Disahkan pada tanggal: 8 Mei 2001
Substansi: meningkatkan kerja sama dalam penegakan hukum dan pemberantasan kejahatan,
yaitu dengan cara mencegah lolosnya pelanggar hukum dari proses peradilan dan menjalani
pidana. Dengan adanya persetujuan penyerahan pelanggar hukum yang melarikan diri
tersebut, diharapkan hubungan dan kerja sama yang lebih baik antara kedua negara dalam
bidang penegakan hukum dan pemberantasan kejahatan dapat ditingkatkan. Persetujuan ini
selain dapat memenuhi tuntutan keadilan juga dapat menghindari kerugian-kerugian yang
disebabkan lolosnya tersangka, terdakwa, terpidana, atau narapidana.
Thailand
UNDANG-UNDANG REPUBLIK INDONESIA NOMOR 2 TAHUN 1978 TENTANG
PENGESAHAN PERJANJIAN ANTARA PEMERINTAH REPUBLIK INDONESIA DAN
PEMERINTAH KERAJAAN THAILAND TENTANG EKSTRADISI.
Disahkan pada tanggal: 18 Maret 1978
Substansi: Untuk mengembangkan kerjasama yang efektif dalam penegakan hukum dan
pelaksanaan peradilan, dalam rangka pemberantasan kejahatan terutama dalam masalah
ekstradisi. Adanya suatu perjanjian ekstradisi akan memperlancar pelaksanaan peradilan
(administration of justice) yang baik.

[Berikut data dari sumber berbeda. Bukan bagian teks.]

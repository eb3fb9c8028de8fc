//! The walk along the members of an object.
ghost use Rattle.std.specs.Prelude.{◌≡◌, ◌+◌, ◌<◌, map, length, drop};
ghost use Rattle.json.specs.Json.{Json, Members as SpecMembers};
ghost use Rattle.json.specs.Tape.{node_token, Linked};
ghost use Rattle.json.specs.Tree.{json_tokens};
ghost use Rattle.garde_places.specs.Steps.{Spells, SpellMembers, member_spot};

use json::Node;

/// The node behind the value that begins at a node.
pub(crate) fn after(nodes: &[Node<'_>], at: usize) -> usize
    requires { (at < length nodes.now) × Linked (map node_token nodes.now) 0 nodes.now }
    ensures value { (j : Json) → Spells (drop at (map node_token nodes.now)) j
        → result ≡ at + length (json_tokens j) }
    ensures later { at < result }
{
    match nodes[at] {
        Node::Object(end) | Node::Array(end) => end,
        _ => at + 1,
    }
}

/// The value of the last member of that name, of the members that begin at a node.
pub(crate) fn member_at(nodes: &[Node<'_>], at: usize, name: &str) -> Option<usize>
    requires { Linked (map node_token nodes.now) 0 nodes.now }
    ensures { (ms : SpecMembers) → SpellMembers (drop at (map node_token nodes.now)) ms
        → result ≡ member_spot at name.now ms }
{
    let mut here = at;
    let mut found = None;
    loop {
        if here >= nodes.len().saturating_sub(1) {
            return found;
        }
        let Node::Key(key) = nodes[here] else {
            return found;
        };
        if key == name {
            found = Some(here + 1);
        }
        here = after(nodes, here + 1);
    }
}
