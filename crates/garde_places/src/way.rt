//! The components of a path, from the root on.
ghost use Rattle.std.specs.Prelude.{◌≡◌, ◌≤◌, map, length, IfOk, IsOk};
ghost use Rattle.garde_report.specs.Part.{item_part};

use garde_report::{Kind, Path};
use smallvec::SmallVec;
use std::alloc::{AllocError, Global};

/// The kinds and texts of the components of a path, from the first on. Up to 8 of them allocate
/// nothing.
pub(crate) fn way_of<'p>(
    alloc: Global,
    path: &'p Path,
) -> Result<SmallVec<(Kind, &'p str), 8>, AllocError>
    ensures items { IfOk result (λ way. map item_part way.items ≡ path.now) }
    ensures inline { length path.now ≤ 8 → IsOk result }
{
    let mut left = path.iter(alloc)?;
    let mut way = SmallVec::with_capacity(alloc, left.len())?;
    while let Some(component) = left.next_back() {
        way.push_reserved(component);
    }
    Ok(way)
}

Karena kejahatan itu ada hubungannya dengan ekonomi
dan keuangan, dimana akibat dari kejahatan tersebut akan banyak merugikan pembangunan
nasional dan ketahanan nasional
Singapura
UNDANG-UNDANG REPUBLIK INDONESIA NOMOR 5 TAHUN 2023 TENTANG
PENGESAHAN PERJANJIAN ANTARA PEMERINTAH REPUBLIK INDONESIA DAN
PEMERINTAH REPUBLIK SINGAPURA TENTANG EKSTRADISI BURONAN
(TREATY BETWEEN THE, GOVERNMENT
OF THE REPUBLIC OF INDONESIA AND THE GOVERNMENT OF THE REPUBLIC
OF SINGAPORE FOR THE EXTRADITION OF FUGITIVES)
Disahkan pada tanggal: 13 Januari 2023
Substansi: kesepakatan Para Pihak untuk melakukan ekstradisi, tindak pidana yang dapat
diekstradisikan, dasar ekstradisi, pengecualian wajib terhadap ekstradisi, permintaan dan
dokumen pendukung, serta pengaturan penyerahan.
Latar Belakang: Menteri Hukum dan Hak Asasi Manusia (Menkumham) Yasonna H. Laoly
saat menyampaikan pendapatnya mengatakan, Perjanjian Ekstradisi antara Pemerintah RI dan
Singapura tidak lepas dari posisi Singapura sebagai negara yang berbatasan langsung dengan
Indonesia, dengan intensitas pergerakan warga kedua negara yang tinggi, serta kebijakan
Indonesia yang memasukkan Singapura ke dalam daftar negara bebas visa, menyebabkan
Singapura kerap menjadi tujuan akhir atau tujuan transit pelaku kejahatan. Perjanjian
Ekstradisi Indonesia-Singapura memiliki masa retroaktif (berlaku surut terhitung tanggal
diundangkannya) selama 18 tahun ke belakang. Hal tersebut sesuai dengan ketentuan
maksimal daluwarsa sebagaimana diatur dalam Pasal 78 Kitab Undang-Undang Hukum
Pidana Indonesia. Jenis-jenis tindak pidana yang pelakunya dapat diekstradisi menurut
Perjanjian Ekstradisi ini berjumlah 31 jenis di antaranya tindak pidana korupsi, pencucian
uang, suap, perbankan, narkotika, terorisme, dan pendanaan kegiatan yang terkait dengan
terorisme. Ruang lingkup Perjanjian Ekstradisi Indonesia – Singapura adalah kedua negara
sepakat untuk melakukan ekstradisi bagi setiap orang yang ditemukan berada di wilayah
negara diminta dan dicari oleh negara peminta untuk penuntutan atau persidangan atau
pelaksanaan hukuman untuk tindak pidana yang dapat diekstradisi.